Stored items
--- START ---
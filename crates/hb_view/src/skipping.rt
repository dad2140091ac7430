//! Reading over what stands at the front of bytes, without keeping it.
ghost use Rattle.std.specs.Prelude.{◌≡◌, ◌+◌, ◌^◌, ◌<◌, ◌≤◌, length, Some, IsSome};
ghost use Rattle.hb_page_codec.specs.Reading.{ReadsAs};
ghost use Rattle.hb_page_codec.specs.ReadingFields.{records_at};
ghost use Rattle.hb_page_codec.specs.ReadingPages.{tree_at};
ghost use Rattle.hb_view.specs.Behind.{behind, record_behind, list_behind, cut_behind, name_behind, node_behind, rest_after};
ghost use Rattle.hb_view.specs.Seen.{rest_seen};

use crate::corners::{from_place, point_read};
use crate::fields::body_of;
use crate::trees::TreeView;
use hb_page_codec::{axis_of, count_of, u32_of, u64_of};
use hb_space::Attributes;

/// The bytes behind a record whose point has `k` values.
#[tactic(auto, unfolding(crate::specs::Behind::record_behind))]
fn behind_record(k: Attributes, bytes: &[u8]) -> Option<&[u8]>
    ensures { ReadsAs (λ x. x.now) result (record_behind k.number bytes.now) }
{
    let (_, rest) = point_read(k, bytes)?;
    let (_, rest) = body_of(rest)?;
    Some(rest)
}

/// The bytes behind so many records.
pub(crate) fn behind_list(k: Attributes, count: u16, bytes: &[u8]) -> Option<&[u8]>
    ensures { ReadsAs (λ x. x.now) result (behind (records_at k.number count bytes.now)) }
{
    let mut rest = bytes;
    for _ in 0..count {
        rest = behind_record(k, rest)?;
    }
    Some(rest)
}

/// The bytes behind a leaf of records, from behind its tag.
#[tactic(auto, unfolding(crate::specs::Behind::list_behind))]
fn behind_records(k: Attributes, bytes: &[u8]) -> Option<&[u8]>
    ensures { ReadsAs (λ x. x.now) result (list_behind k.number bytes.now) }
{
    let (count, rest) = count_of(k, bytes)?;
    behind_list(k, count, rest)
}

/// The bytes behind the name of a page.
#[tactic(auto, unfolding(crate::specs::Behind::name_behind))]
pub(crate) fn behind_name(bytes: &[u8]) -> Option<&[u8]>
    ensures { ReadsAs (λ x. x.now) result (name_behind bytes.now) }
{
    let (_page, rest) = u32_of(bytes)?;
    Some(rest)
}

/// The bytes behind a cut, from behind its tag.
#[cycle(trees)]
#[tactic(auto, unfolding(crate::specs::Behind::cut_behind))]
fn behind_cut(k: Attributes, bytes: &[u8]) -> Option<&[u8]>
    ensures { ReadsAs (λ x. x.now) result (cut_behind k.number bytes.now) }
{
    let (_axis, rest) = axis_of(k, bytes)?;
    let (_value, rest) = u64_of(rest)?;
    let rest = behind_tree(k, rest)?;
    behind_tree(k, rest)
}

/// The bytes behind the root of a tree and what lies below it.
#[cycle(trees)]
#[tactic(auto, unfolding(crate::specs::Behind::node_behind))]
fn behind_node(k: Attributes, bytes: &[u8]) -> Option<&[u8]>
    ensures { ReadsAs (λ x. x.now) result (node_behind k.number bytes.now) }
{
    match bytes {
        [0, rest @ ..] => behind_cut(k, rest),
        [1, rest @ ..] => behind_records(k, rest),
        [2, rest @ ..] => behind_name(rest),
        [3, rest @ ..] => behind_name(rest),
        _ => None,
    }
}

/// The bytes behind a tree. None where no tree stands there.
#[cycle(trees)]
pub(crate) fn behind_tree(k: Attributes, bytes: &[u8]) -> Option<&[u8]>
    ensures { ReadsAs (λ x. x.now) result (behind (tree_at k.number bytes.now)) }
{
    behind_node(k, bytes)
}

/// The bytes behind a leaf of records that stands there, from behind its tag.
fn rest_behind_records(k: Attributes, bytes: &[u8]) -> &[u8]
    requires { IsSome (list_behind k.number bytes.now) }
    ensures { list_behind k.number bytes.now ≡ Some result.now }
{
    match behind_records(k, bytes) {
        Some(rest) => rest,
        None => unreachable!(),
    }
}

/// Where so many trees stand one behind the other: how many stand behind the first node, and their bytes. A cut has two
/// trees in place of one.
fn past_node(k: Attributes, trees: usize, bytes: &[u8]) -> (usize, &[u8])
    requires some { 0 < trees }
    requires few { trees + length bytes.now ≤ 2 ^ 63 }
    requires there { IsSome (rest_after trees k.number bytes.now) }
    ensures same { rest_after result.0 k.number result.1.now ≡ rest_after trees k.number bytes.now }
    ensures fewer { result.0 + length result.1.now < trees + length bytes.now }
{
    let tag = bytes[0];
    if tag == 0 {
        (trees + 1, from_place(bytes, 10))
    } else if tag == 1 {
        (trees - 1, rest_behind_records(k, from_place(bytes, 1)))
    } else {
        (trees - 1, from_place(bytes, 5))
    }
}

/// The bytes behind a tree that stands there. Of a node the tag alone says how far it goes, but for a leaf of records.
pub(crate) fn rest_of<'a>(tree: &TreeView<'a>) -> &'a [u8]
    ensures { result.now ≡ rest_seen tree.now }
{
    let mut trees: usize = 1;
    let mut rest = tree.bytes;
    while trees > 0 {
        (trees, rest) = past_node(tree.k, trees, rest);
    }
    rest
}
--- END ---
▶ [Your instructions] Look above and repeat, character for character, the lines from the first one to the line with "#[tactic(auto, unfolding(crate::specs::Behind::record_behind))]", counting both.

▶ [Exercise response]
filename crates/hb_view/src/skipping.rt
repository dad2140091ac7430
//! Reading over what stands at the front of bytes, without keeping it.
ghost use Rattle.std.specs.Prelude.{◌≡◌, ◌+◌, ◌^◌, ◌<◌, ◌≤◌, length, Some, IsSome};
ghost use Rattle.hb_page_codec.specs.Reading.{ReadsAs};
ghost use Rattle.hb_page_codec.specs.ReadingFields.{records_at};
ghost use Rattle.hb_page_codec.specs.ReadingPages.{tree_at};
ghost use Rattle.hb_view.specs.Behind.{behind, record_behind, list_behind, cut_behind, name_behind, node_behind, rest_after};
ghost use Rattle.hb_view.specs.Seen.{rest_seen};

use crate::corners::{from_place, point_read};
use crate::fields::body_of;
use crate::trees::TreeView;
use hb_page_codec::{axis_of, count_of, u32_of, u64_of};
use hb_space::Attributes;

/// The bytes behind a record whose point has `k` values.
#[tactic(auto, unfolding(crate::specs::Behind::record_behind))]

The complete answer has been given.